The inhibitory action of antenatal steroid administration on inflammatory response and ventilation-induced injury is well known [25]. Using antenatal steroid in women during preterm labor has been associated with a significant reduction in the baseline production of IL-6 in the umbilical cord [26]. Our preterm newborns receiving nCPAP who had been exposed to intrauterine steroids had significantly lower pre-nCPAP IL-6 and TNF-α plasma levels as compared to non-exposed newborns. However, the levels of these markers were similar in all nCPAP newborns two hours later, showing a transient anti-inflammatory action of antenatal steroid administration.

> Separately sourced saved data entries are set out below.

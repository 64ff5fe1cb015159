//! A connection as its two ports know it.
ghost use Rattle.std.specs.Prelude.{◌≡◌};
ghost use Rattle.iox_lanes_base.specs.Routes.{known_as, rerouted};

use iox_queues_steps::rings::RingKind;

/// A connection: its number, its maximum number of waiting messages, and the sizes of its two rings.
#[derive(Clone, Copy)]
pub struct Route {
    /// The number of the connection.
    pub connection: u64,
    /// What the submission ring does with another message when it is full.
    pub kind: RingKind,
    /// The maximum number of waiting messages.
    pub limit: u64,
    /// How many cells the submission ring has.
    pub submission_cells: u64,
    /// How many cells the completion ring has; as many samples may be there.
    pub completion_cells: u64,
}

/// Replaces each of a port's connections that has the number of `route` by `route`.
pub fn reroute(routes: &mut [Route], route: Route)
    ensures { routes.new ≡ rerouted route routes.old }
{
    for own in routes.iter_mut() {
        *own = known_as(route, *own);
    }
}

fn known_as(route: Route, own: Route) -> Route
    ensures { result ≡ known_as route own }
{
    if own.connection == route.connection {
        route
    } else {
        own
    }
}
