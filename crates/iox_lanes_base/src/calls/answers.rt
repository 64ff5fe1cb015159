//! The answer of a push or a pop that is over.
ghost use Rattle.std.specs.Prelude.{◌≡◌};
ghost use Rattle.iox_lanes_base.specs.Answers.{refusing_push_answer, refusing_pop_answer, push_answer, pop_answer};

use iox_queues_steps::rings::overflowing::{Pop as OverflowingPop, Push as OverflowingPush};
use iox_queues_steps::rings::refusing::{Pop as RefusingPop, Push as RefusingPush};
use iox_queues_steps::rings::{Pop, Push};
use iox_queues_steps::{PopAnswer, PushAnswer};

/// The answer of a push on a refusing ring; None while it is in progress.
pub fn refusing_push_answer(push: &RefusingPush) -> Option<PushAnswer>
    ensures { result ≡ refusing_push_answer push.now }
{
    match *push {
        RefusingPush::Pushed { answer, .. } => Some(answer),
        _ => None,
    }
}

/// The answer of a pop or a look on a refusing ring; None while it is in progress.
pub fn refusing_pop_answer(pop: &RefusingPop) -> Option<PopAnswer>
    ensures { result ≡ refusing_pop_answer pop.now }
{
    match *pop {
        RefusingPop::Popped { got } => Some(PopAnswer::Got(got)),
        RefusingPop::Looked { waiting } => Some(PopAnswer::Saw(waiting)),
        _ => None,
    }
}

/// The answer of a push on a ring of either kind; None while it is in progress.
pub fn push_answer(push: &Push) -> Option<PushAnswer>
    ensures { result ≡ push_answer push.now }
{
    match push {
        Push::Overflowing(OverflowingPush::Pushed { answer, .. }) => Some(*answer),
        Push::Overflowing(_) => None,
        Push::Refusing(push) => refusing_push_answer(push),
    }
}

/// The answer of a pop or a look on a ring of either kind; None while it is in progress.
pub fn pop_answer(pop: &Pop) -> Option<PopAnswer>
    ensures { result ≡ pop_answer pop.now }
{
    match pop {
        Pop::Overflowing(OverflowingPop::Popped { got }) => Some(PopAnswer::Got(*got)),
        Pop::Overflowing(OverflowingPop::Looked { waiting }) => Some(PopAnswer::Saw(*waiting)),
        Pop::Overflowing(_) => None,
        Pop::Refusing(pop) => refusing_pop_answer(pop),
    }
}
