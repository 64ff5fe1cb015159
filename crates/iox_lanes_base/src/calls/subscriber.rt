//! The calls of a subscriber.
ghost use Rattle.std.specs.Prelude.{◌≡◌, false};
ghost use Rattle.iox_lanes_base.specs.Answers.{pop_answer};
ghost use Rattle.iox_lanes_base.specs.Subscribing.{subscriber_next, subscriber_take, subscriber_change, subscriber_is_idle};
ghost use Rattle.iox_lanes_base.specs.Subscribing.{subscriber_is_over, is_full_at, receive_at, nothing_received, read_at, word_at};
ghost use Rattle.iox_lanes_base.specs.Subscribing.{borrowed_by, given_back_by};

use crate::calls::answers::{pop_answer, refusing_push_answer};
use crate::calls::route::Route;
use crate::words::{ConnectionRing, SharedAccess, SharedWord, SlotWord};
use iox_queues_steps::rings::Pop;
use iox_queues_steps::rings::refusing::Push as RefusingPush;
use iox_queues_steps::{End, PopAnswer, PushAnswer};

/// The answer of a receive.
#[derive(Clone, Copy, Debug, PartialEq, Eq)]
pub enum Receipt {
    /// The message in this slot, from the connection at this place.
    Taken { place: u64, slot: u64 },
    /// No message waits.
    Nothing,
    /// A message waits at a connection, but the maximum number of samples is borrowed from that connection.
    ExceedsMaxBorrows,
}

/// How many words the user header and the payload of a slot have.
#[derive(Clone, Copy)]
pub struct SlotExtent {
    /// How many words the user header has.
    pub user_header_words: u64,
    /// How many words the payload has.
    pub payload_words: u64,
}

/// The stage of a subscriber's call. A place is one in the subscriber's list of connections.
#[derive(Clone, Copy)]
pub enum SubscriberCall {
    /// No call is in progress.
    Idle,
    /// A receive pops at this connection, or only looks whether a message waits there. `waits` says whether an earlier look saw one.
    Receiving {
        place: u64,
        route: Route,
        pop: Pop,
        waits: bool,
    },
    /// A receive is about to end.
    Received {
        receipt: Receipt,
    },
    /// A read is about to load this word of header, user header and payload.
    Reading {
        slot: u64,
        word: u64,
        extent: SlotExtent,
    },
    /// A read is about to end.
    WasRead {
        slot: u64,
    },
    /// A release puts its slot into the completion ring of this connection.
    Releasing {
        place: u64,
        route: Route,
        push: RefusingPush,
    },
    /// A release is about to end. `done` says whether the slot went back.
    Released {
        done: bool,
    },
}

/// What a step changes of what a subscriber keeps for itself.
#[derive(Clone, Copy)]
pub enum SubscriberChange {
    /// Nothing changes.
    Nothing,
    /// The slot is borrowed from the connection at this place.
    Borrow { place: u64, slot: u64 },
    /// The word number `word` of what is read has this value.
    Note { word: u64, value: u64 },
    /// The slot went back to the connection at this place.
    GiveBack { place: u64, slot: u64 },
}

impl SubscriberCall {
    /// The first stage of a receive over these connections; `borrowed` has the number of samples that are borrowed from each, and `most` is
    /// their maximum.
    pub fn receive(routes: &[Route], borrowed: &[u64], most: u64) -> SubscriberCall
        ensures { result ≡ receive_at routes.now borrowed.now most 0 false }
    {
        receive_at(routes, borrowed, most, 0, false)
    }

    /// The first stage of a read of a sample's slot.
    pub fn read(slot: u64, extent: SlotExtent) -> SubscriberCall
        ensures { result ≡ read_at slot extent 0 }
    {
        read_at(slot, extent, 0)
    }

    /// The first stage of a release of a sample's slot to the connection at this place.
    pub fn release(place: u64, route: Route, slot: u64) -> SubscriberCall
        ensures { result ≡ SubscriberCall.Releasing place route (RefusingPush.Begun route.completion_cells slot) }
    {
        SubscriberCall::Releasing {
            place,
            route,
            push: RefusingPush::begin(route.completion_cells, slot),
        }
    }

    /// The access that comes next.
    pub fn next(&self) -> SharedAccess
        ensures { result ≡ subscriber_next self.now }
    {
        match *self {
            SubscriberCall::Receiving { route, pop, .. } => SharedAccess::on_ring(
                route.connection,
                ConnectionRing::Submission,
                route.submission_cells,
                pop.next(),
            ),
            SubscriberCall::Reading { slot, word, extent } => {
                let word = word_at(extent, word);
                SharedAccess::Load(SharedWord::Slot { slot, word })
            }
            SubscriberCall::Releasing { route, push, .. } => SharedAccess::on_ring(
                route.connection,
                ConnectionRing::Completion,
                route.completion_cells,
                push.next(),
            ),
            SubscriberCall::Idle
            | SubscriberCall::Received { .. }
            | SubscriberCall::WasRead { .. }
            | SubscriberCall::Released { .. } => SharedAccess::Local,
        }
    }

    /// Goes on after the answer of that access, and returns what it changes of what the subscriber keeps for itself. `routes` are the
    /// subscriber's connections, `borrowed` has the number of samples that are borrowed from each, and `most` is their maximum.
    #[inline(always)]
    pub fn take(
        &mut self,
        answer: u64,
        routes: &[Route],
        borrowed: &[u64],
        most: u64,
    ) -> SubscriberChange
        ensures call { self.new ≡ subscriber_take routes.now borrowed.now most self.old answer }
        ensures change { result ≡ subscriber_change self.old answer }
    {
        match self {
            SubscriberCall::Receiving {
                place,
                pop,
                waits,
                ..
            } => {
                let (place, waits) = (*place, *waits);
                let taken = pop.take(answer);
                match pop_answer(&taken) {
                    None => *pop = taken,
                    Some(PopAnswer::Got(Some(slot))) => {
                        let receipt = Receipt::Taken { place, slot };
                        *self = SubscriberCall::Received { receipt };
                    }
                    Some(PopAnswer::Got(None)) => {
                        let place = place.saturating_add(1);
                        *self = receive_at(routes, borrowed, most, place, waits);
                    }
                    Some(PopAnswer::Saw(some)) => {
                        let place = place.saturating_add(1);
                        *self = receive_at(routes, borrowed, most, place, waits || some);
                    }
                }
                borrowed_by(place, &taken)
            }
            SubscriberCall::Reading { slot, word, extent } => {
                let at = *word;
                *self = read_at(*slot, *extent, at.saturating_add(1));
                SubscriberChange::Note {
                    word: at,
                    value: answer,
                }
            }
            SubscriberCall::Releasing { place, push, .. } => {
                let change = given_back_by(*place, push);
                let taken = push.take(answer);
                match refusing_push_answer(&taken) {
                    None => *push = taken,
                    Some(PushAnswer::Kept | PushAnswer::LeftOut(_)) => {
                        *self = SubscriberCall::Released { done: true };
                    }
                    Some(PushAnswer::Refused) => *self = SubscriberCall::Released { done: false },
                }
                change
            }
            SubscriberCall::Idle
            | SubscriberCall::Received { .. }
            | SubscriberCall::WasRead { .. }
            | SubscriberCall::Released { .. } => {
                *self = SubscriberCall::Idle;
                SubscriberChange::Nothing
            }
        }
    }

    /// Whether no call is in progress.
    pub fn is_idle(&self) -> bool
        ensures { result ≡ subscriber_is_idle self.now }
    {
        matches!(*self, SubscriberCall::Idle)
    }

    /// Whether the next step is the last one of the call.
    pub fn is_over(&self) -> bool
        ensures { result ≡ subscriber_is_over self.now }
    {
        matches!(
            *self,
            SubscriberCall::Received { .. }
                | SubscriberCall::WasRead { .. }
                | SubscriberCall::Released { .. }
        )
    }
}

// Whether the maximum number of samples is borrowed from the connection at this place.
fn is_full_at(borrowed: &[u64], most: u64, place: u64) -> bool
    ensures { result ≡ is_full_at borrowed.now most place }
{
    match borrowed.get(place as usize) {
        Some(borrowed) => *borrowed >= most,
        None => false,
    }
}

// The receipt of a receive that got no message.
fn nothing_received(waits: bool) -> Receipt
    ensures { result ≡ nothing_received waits }
{
    if waits {
        Receipt::ExceedsMaxBorrows
    } else {
        Receipt::Nothing
    }
}

// A receive at the connection of this place; after the last connection it ends.
fn receive_at(
    routes: &[Route],
    borrowed: &[u64],
    most: u64,
    place: u64,
    waits: bool,
) -> SubscriberCall
    ensures { result ≡ receive_at routes.now borrowed.now most place waits }
{
    let Some(route) = routes.get(place as usize) else {
        return SubscriberCall::Received {
            receipt: nothing_received(waits),
        };
    };
    let pop = if is_full_at(borrowed, most, place) {
        Pop::look(route.kind)
    } else {
        Pop::begin(route.kind)
    };
    SubscriberCall::Receiving {
        place,
        route: *route,
        pop,
        waits,
    }
}

// A word of header, user header and payload, which lie one after the other.
fn word_at(extent: SlotExtent, word: u64) -> SlotWord
    ensures { result ≡ word_at extent word }
{
    if word < 3 {
        SlotWord::Header(word)
    } else if word - 3 < extent.user_header_words {
        SlotWord::UserHeader(word - 3)
    } else {
        SlotWord::Payload(word - 3 - extent.user_header_words)
    }
}

// A read at this word; after the last word it ends.
fn read_at(slot: u64, extent: SlotExtent, word: u64) -> SubscriberCall
    ensures { result ≡ read_at slot extent word }
{
    if word < 3
        || word - 3 < extent.user_header_words
        || word - 3 - extent.user_header_words < extent.payload_words
    {
        SubscriberCall::Reading { slot, word, extent }
    } else {
        SubscriberCall::WasRead { slot }
    }
}

// A slot that was popped is borrowed.
fn borrowed_by(place: u64, pop: &Pop) -> SubscriberChange
    ensures { result ≡ borrowed_by place (pop_answer pop.now) }
{
    match pop_answer(pop) {
        Some(PopAnswer::Got(Some(slot))) => SubscriberChange::Borrow { place, slot },
        Some(PopAnswer::Got(None) | PopAnswer::Saw(_)) | None => SubscriberChange::Nothing,
    }
}

// A slot goes back when a push stores the write position.
fn given_back_by(place: u64, push: &RefusingPush) -> SubscriberChange
    ensures { result ≡ given_back_by place push.now }
{
    match *push {
        RefusingPush::Filled { value, .. } => SubscriberChange::GiveBack { place, slot: value },
        _ => SubscriberChange::Nothing,
    }
}
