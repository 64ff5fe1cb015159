//! The calls of a publisher.
ghost use Rattle.std.specs.Prelude.{◌≡◌};
ghost use Rattle.iox_lanes_base.specs.Answers.{refusing_pop_answer};
ghost use Rattle.iox_lanes_base.specs.Publishing.{publisher_next, publisher_take, publisher_change, publisher_is_idle, publisher_is_over};
ghost use Rattle.iox_lanes_base.specs.Publishing.{header_word, loan_at, write_at, head_at, sweep_at, push_at, counted, taken_back};
ghost use Rattle.iox_lanes_base.specs.Publishing.{push_change};

use crate::calls::answers::{push_answer, refusing_pop_answer};
use crate::calls::route::Route;
use crate::words::{ConnectionRing, SharedAccess, SharedWord, SlotWord};
use iox_queues_steps::rings::Push;
use iox_queues_steps::rings::overflowing::Push as OverflowingPush;
use iox_queues_steps::rings::refusing::{Pop as RefusingPop, Push as RefusingPush};
use iox_queues_steps::{End, PopAnswer, PushAnswer};

/// How many connections took or refused a message so far.
#[derive(Clone, Copy, Debug, PartialEq, Eq)]
pub struct Delivery {
    /// How many connections took it.
    pub taken: u64,
    /// How many connections were full and refused it.
    pub refused: u64,
}

/// The stage of a publisher's call. A place is one in the publisher's list of connections.
#[derive(Clone, Copy)]
pub enum PublisherCall {
    /// No call is in progress.
    Idle,
    /// A loan takes back the samples that came back at this connection.
    LoanReclaims {
        place: u64,
        route: Route,
        pop: RefusingPop,
    },
    /// A loan is about to look for a free slot, which is its last step.
    Lending,
    /// A write is about to store this word of the payload.
    Writing {
        slot: u64,
        word: u64,
        value: u64,
    },
    /// A write is about to end.
    Written {
        slot: u64,
    },
    /// A send is about to store this word of header and user header.
    Heading {
        slot: u64,
        word: u64,
        value: u64,
    },
    /// A send is about to make its message the newest of the history.
    Remembering {
        slot: u64,
    },
    /// A send takes back the samples that came back at this connection.
    SendReclaims {
        slot: u64,
        place: u64,
        route: Route,
        pop: RefusingPop,
    },
    /// A send puts its message into the submission ring of this connection.
    Pushing {
        slot: u64,
        place: u64,
        route: Route,
        push: Push,
        delivery: Delivery,
    },
    /// A send is about to end.
    Sent {
        slot: u64,
        delivery: Delivery,
    },
    /// A loan is about to be dropped.
    Dropping {
        slot: u64,
    },
}

/// What a step changes of what a publisher keeps for itself.
#[derive(Clone, Copy)]
pub enum PublisherChange {
    /// Nothing changes.
    Nothing,
    /// A free slot is loaned, if there is one and the publisher is below its loan limit.
    Lend,
    /// The loan of this slot is written.
    Mark { slot: u64 },
    /// The loan of this slot becomes the newest message of the history.
    Remember { slot: u64 },
    /// The slot came back from the connection at this place.
    TakenBack { place: u64, slot: u64 },
    /// The slot was put into the ring of the connection at this place.
    Put { place: u64, slot: u64 },
    /// The oldest slot of the ring of the connection at this place was dropped.
    LeftOut { place: u64, slot: u64 },
    /// The loan of this slot is dropped.
    DropLoan { slot: u64 },
}

impl PublisherCall {
    /// The first stage of a loan over these connections.
    pub fn loan(routes: &[Route]) -> PublisherCall
        ensures { result ≡ loan_at routes.now 0 }
    {
        loan_at(routes, 0)
    }

    /// The first stage of a write of these words into the slot of a loan.
    pub fn write(words: &[u64], slot: u64) -> PublisherCall
        ensures { result ≡ write_at words.now slot 0 }
    {
        write_at(words, slot, 0)
    }

    /// The first stage of a send of a loan's slot, which stores these words of header and user header.
    pub fn send(words: &[u64], slot: u64) -> PublisherCall
        ensures { result ≡ head_at words.now slot 0 }
    {
        head_at(words, slot, 0)
    }

    /// The first stage of dropping the loan of a slot.
    pub fn drop_loan(slot: u64) -> PublisherCall
        ensures { result ≡ PublisherCall.Dropping slot }
    {
        PublisherCall::Dropping { slot }
    }

    /// The access that comes next.
    pub fn next(&self) -> SharedAccess
        ensures { result ≡ publisher_next self.now }
    {
        match *self {
            PublisherCall::LoanReclaims { route, pop, .. }
            | PublisherCall::SendReclaims { route, pop, .. } => SharedAccess::on_ring(
                route.connection,
                ConnectionRing::Completion,
                route.completion_cells,
                pop.next(),
            ),
            PublisherCall::Pushing { route, push, .. } => SharedAccess::on_ring(
                route.connection,
                ConnectionRing::Submission,
                route.submission_cells,
                push.next(),
            ),
            PublisherCall::Writing { slot, word, value } => {
                let word = SlotWord::Payload(word);
                SharedAccess::Store(SharedWord::Slot { slot, word }, value)
            }
            PublisherCall::Heading { slot, word, value } => {
                let word = header_word(word);
                SharedAccess::Store(SharedWord::Slot { slot, word }, value)
            }
            PublisherCall::Idle
            | PublisherCall::Lending
            | PublisherCall::Written { .. }
            | PublisherCall::Remembering { .. }
            | PublisherCall::Sent { .. }
            | PublisherCall::Dropping { .. } => SharedAccess::Local,
        }
    }

    /// Goes on after the answer of that access, and returns what it changes of what the publisher keeps for itself. `routes` are the
    /// publisher's connections, `words` the words that a write or a send stores.
    #[inline(always)]
    pub fn take(&mut self, answer: u64, routes: &[Route], words: &[u64]) -> PublisherChange
        ensures call { self.new ≡ publisher_take routes.now words.now self.old answer }
        ensures change { result ≡ publisher_change self.old answer }
    {
        match self {
            PublisherCall::LoanReclaims { place, pop, .. } => {
                let place = *place;
                let taken = pop.take(answer);
                match refusing_pop_answer(&taken) {
                    None => *pop = taken,
                    Some(PopAnswer::Got(Some(_))) => *pop = RefusingPop::begin(),
                    Some(PopAnswer::Got(None) | PopAnswer::Saw(_)) => {
                        *self = loan_at(routes, place.saturating_add(1));
                    }
                }
                taken_back(place, taken)
            }
            PublisherCall::Lending => {
                *self = PublisherCall::Idle;
                PublisherChange::Lend
            }
            PublisherCall::Writing { slot, word, .. } => {
                *self = write_at(words, *slot, word.saturating_add(1));
                PublisherChange::Nothing
            }
            PublisherCall::Written { slot } => {
                let slot = *slot;
                *self = PublisherCall::Idle;
                PublisherChange::Mark { slot }
            }
            PublisherCall::Heading { slot, word, .. } => {
                *self = head_at(words, *slot, word.saturating_add(1));
                PublisherChange::Nothing
            }
            PublisherCall::Remembering { slot } => {
                let slot = *slot;
                *self = sweep_at(routes, slot, 0);
                PublisherChange::Remember { slot }
            }
            PublisherCall::SendReclaims {
                slot,
                place,
                pop,
                ..
            } => {
                let (slot, place) = (*slot, *place);
                let taken = pop.take(answer);
                match refusing_pop_answer(&taken) {
                    None => *pop = taken,
                    Some(PopAnswer::Got(Some(_))) => *pop = RefusingPop::begin(),
                    Some(PopAnswer::Got(None) | PopAnswer::Saw(_)) => {
                        *self = sweep_at(routes, slot, place.saturating_add(1));
                    }
                }
                taken_back(place, taken)
            }
            PublisherCall::Pushing {
                slot,
                place,
                push,
                delivery,
                ..
            } => {
                let (slot, place, delivery) = (*slot, *place, *delivery);
                let change = push_change(place, push, answer);
                let taken = push.take(answer);
                match push_answer(&taken) {
                    None => *push = taken,
                    Some(answer) => {
                        let place = place.saturating_add(1);
                        *self = push_at(routes, slot, place, counted(delivery, answer));
                    }
                }
                change
            }
            PublisherCall::Dropping { slot } => {
                let slot = *slot;
                *self = PublisherCall::Idle;
                PublisherChange::DropLoan { slot }
            }
            PublisherCall::Idle | PublisherCall::Sent { .. } => {
                *self = PublisherCall::Idle;
                PublisherChange::Nothing
            }
        }
    }

    /// Whether no call is in progress.
    pub fn is_idle(&self) -> bool
        ensures { result ≡ publisher_is_idle self.now }
    {
        matches!(*self, PublisherCall::Idle)
    }

    /// Whether the next step is the last one of the call.
    pub fn is_over(&self) -> bool
        ensures { result ≡ publisher_is_over self.now }
    {
        matches!(
            *self,
            PublisherCall::Lending
                | PublisherCall::Written { .. }
                | PublisherCall::Sent { .. }
                | PublisherCall::Dropping { .. }
        )
    }
}

// A word of header and user header, which lie one after the other.
fn header_word(word: u64) -> SlotWord
    ensures { result ≡ header_word word }
{
    if word < 3 {
        SlotWord::Header(word)
    } else {
        SlotWord::UserHeader(word - 3)
    }
}

// A loan that takes samples back at the connection of this place; after the last connection it looks for a slot.
fn loan_at(routes: &[Route], place: u64) -> PublisherCall
    ensures { result ≡ loan_at routes.now place }
{
    match routes.get(place as usize) {
        Some(route) => PublisherCall::LoanReclaims {
            place,
            route: *route,
            pop: RefusingPop::begin(),
        },
        None => PublisherCall::Lending,
    }
}

// A write at this word; after the last word it ends.
fn write_at(words: &[u64], slot: u64, word: u64) -> PublisherCall
    ensures { result ≡ write_at words.now slot word }
{
    match words.get(word as usize) {
        Some(value) => PublisherCall::Writing {
            slot,
            word,
            value: *value,
        },
        None => PublisherCall::Written { slot },
    }
}

// A send at this word of header and user header; after the last word comes the history.
fn head_at(words: &[u64], slot: u64, word: u64) -> PublisherCall
    ensures { result ≡ head_at words.now slot word }
{
    match words.get(word as usize) {
        Some(value) => PublisherCall::Heading {
            slot,
            word,
            value: *value,
        },
        None => PublisherCall::Remembering { slot },
    }
}

// A send that takes samples back at the connection of this place; after the last connection it begins to push.
fn sweep_at(routes: &[Route], slot: u64, place: u64) -> PublisherCall
    ensures { result ≡ sweep_at routes.now slot place }
{
    match routes.get(place as usize) {
        Some(route) => PublisherCall::SendReclaims {
            slot,
            place,
            route: *route,
            pop: RefusingPop::begin(),
        },
        None => push_at(
            routes,
            slot,
            0,
            Delivery {
                taken: 0,
                refused: 0,
            },
        ),
    }
}

// A send that pushes at the connection of this place; after the last connection it ends.
fn push_at(routes: &[Route], slot: u64, place: u64, delivery: Delivery) -> PublisherCall
    ensures { result ≡ push_at routes.now slot place delivery }
{
    match routes.get(place as usize) {
        Some(route) => PublisherCall::Pushing {
            slot,
            place,
            route: *route,
            push: Push::begin(route.kind, route.limit, slot),
            delivery,
        },
        None => PublisherCall::Sent { slot, delivery },
    }
}

// The delivery with one more connection that took the message, or refused it.
fn counted(delivery: Delivery, answer: PushAnswer) -> Delivery
    ensures { result ≡ counted delivery answer }
{
    match answer {
        PushAnswer::Kept | PushAnswer::LeftOut(_) => Delivery {
            taken: delivery.taken.saturating_add(1),
            refused: delivery.refused,
        },
        PushAnswer::Refused => Delivery {
            taken: delivery.taken,
            refused: delivery.refused.saturating_add(1),
        },
    }
}

// A slot that was popped came back.
fn taken_back(place: u64, pop: RefusingPop) -> PublisherChange
    ensures { result ≡ taken_back place (refusing_pop_answer pop) }
{
    match refusing_pop_answer(&pop) {
        Some(PopAnswer::Got(Some(slot))) => PublisherChange::TakenBack { place, slot },
        Some(PopAnswer::Got(None) | PopAnswer::Saw(_)) | None => PublisherChange::Nothing,
    }
}

// A push puts its slot when it stores the write position, and drops the oldest one if its exchange succeeds.
fn push_change(place: u64, push: &Push, answer: u64) -> PublisherChange
    ensures { result ≡ push_change place push.now answer }
{
    match *push {
        Push::Overflowing(OverflowingPush::Filled { value, .. })
        | Push::Refusing(RefusingPush::Filled { value, .. }) => PublisherChange::Put {
            place,
            slot: value,
        },
        Push::Overflowing(OverflowingPush::SawOldest { read, oldest, .. }) if answer == read => {
            PublisherChange::LeftOut {
                place,
                slot: oldest,
            }
        }
        _ => PublisherChange::Nothing,
    }
}
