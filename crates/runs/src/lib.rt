#![tactic(auto)]

// Demand 3 on the bytes: specs/Run.antt states it, proofs/ shows it. There is no code here.
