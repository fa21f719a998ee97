// Two halves find each other (document 02, #107): of two seated lots the first gets MEET about the second at level 0. The answer and the bytes left are
// those of record's specs/Call.antt.
#![tactic(auto)]

ghost use Rattle.std.specs.Prelude.{◌≡◌, ◌||◌, ◌<◌};
ghost use Rattle.graph.specs.Vector.{width};
ghost use Rattle.protocol.specs.State.{no_seat, empty};
ghost use Rattle.protocol.specs.Calls.{merge as merging, refusal};
ghost use Rattle.record.specs.Layout.{seats};
ghost use Rattle.record.specs.Meaning.{seats_in, meaning};
ghost use Rattle.record.specs.Call.{call_refusal, called};
ghost use Rattle.record.specs.Answer.{number_of, outcome};

use messages::meet_place;
use record::lots::{is_clearing, is_seated};
use record::refusals::Refusal;
use record::{Record, SEATS};
use soundness::look;

// Whether one of two seats does not exist.
fn lacks_seat(first: usize, second: usize) -> bool
    ensures { result ≡ no_seat seats first || no_seat seats second }
{
    first >= SEATS || second >= SEATS
}

// Whether one of two seats has no lot: it is free or only reserved.
fn lacks_lot(rec: &Record, first: usize, second: usize) -> bool
    requires { (first < seats) × (second < seats) }
    ensures { result ≡ empty (seats_in rec.now) first || empty (seats_in rec.now) second }
{
    !is_seated(rec, first) || !is_seated(rec, second)
}

// The first row of the table that applies to a merge.
fn merge_row(rec: &Record, first: usize, second: usize) -> Result<(), Refusal>
    ensures { number_of result ≡ refusal seats width (meaning rec.now).seats (meaning rec.now).pending (merging first second) }
{
    if lacks_seat(first, second) {
        return Err(Refusal::NoSuchSeat);
    }
    if is_clearing(rec) {
        return Err(Refusal::InClearing);
    }
    if lacks_lot(rec, first, second) {
        return Err(Refusal::EmptySeat);
    }
    if first == second {
        return Err(Refusal::SameLot);
    }
    Ok(())
}

// The refusal of a merge, if it is refused.
fn merge_refusal(rec: &Record, first: usize, second: usize) -> Result<(), Refusal>
    ensures { number_of result ≡ call_refusal rec.now (merging first second) }
{
    look(rec)?;
    merge_row(rec, first, second)
}

// Sends the lot on the first seat MEET about the lot on the second at level 0, whatever else is pending. The two may be in one component, and may be
// leaving. Refused by 1, 2, 3, 7, 8, 15, in this order.
pub fn merge(rec: &mut [u8], first: u8, second: u8) -> Result<(), Refusal>
    ensures { outcome result rec.new ≡ called rec.old (merging first second) }
{
    let Some(rec) = rec.as_mut_array() else {
        return Err(Refusal::WrongSize);
    };
    let a = first as usize;
    let b = second as usize;
    merge_refusal(rec, a, b)?;
    record::send(rec, meet_place(a, b, 0));
    Ok(())
}
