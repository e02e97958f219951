// Laws only: the values that wait for release as a queue of pages, and two visits against one. See specs/.
#![tactic(auto)]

The improvement in gas exchange after nCPAP demonstrated a proper use of this support to moderate respiratory stressed newborns. We did not include extremely premature newborns, with gestational age below 28 weeks, because the success rate in applying nCPAP in that group was low in our service, during the study period. Extremely preterm newborns are more often treated with MV and affected by systemic inflammation than other preterm populations; however, their exclusion from the present study is also justified by the fact that these baseline inflammations would possibly impact interleukin levels [27]. Another study limitation was our small sample size, with enough power to detect some change in cytokine levels but unable to test other clinical relevant outcomes. A larger sample size would be necessary to draw more conclusions.

Conclusion

We suggest that early use nCPAP is not associated with release of plasma pro-inflammatory cytokines, especially considering the reduction in IL-6 plasma levels. Thus, our results propose that nCPAP is a less harmful initial ventilatory strategy for preterm infants with moderate respiratory distress.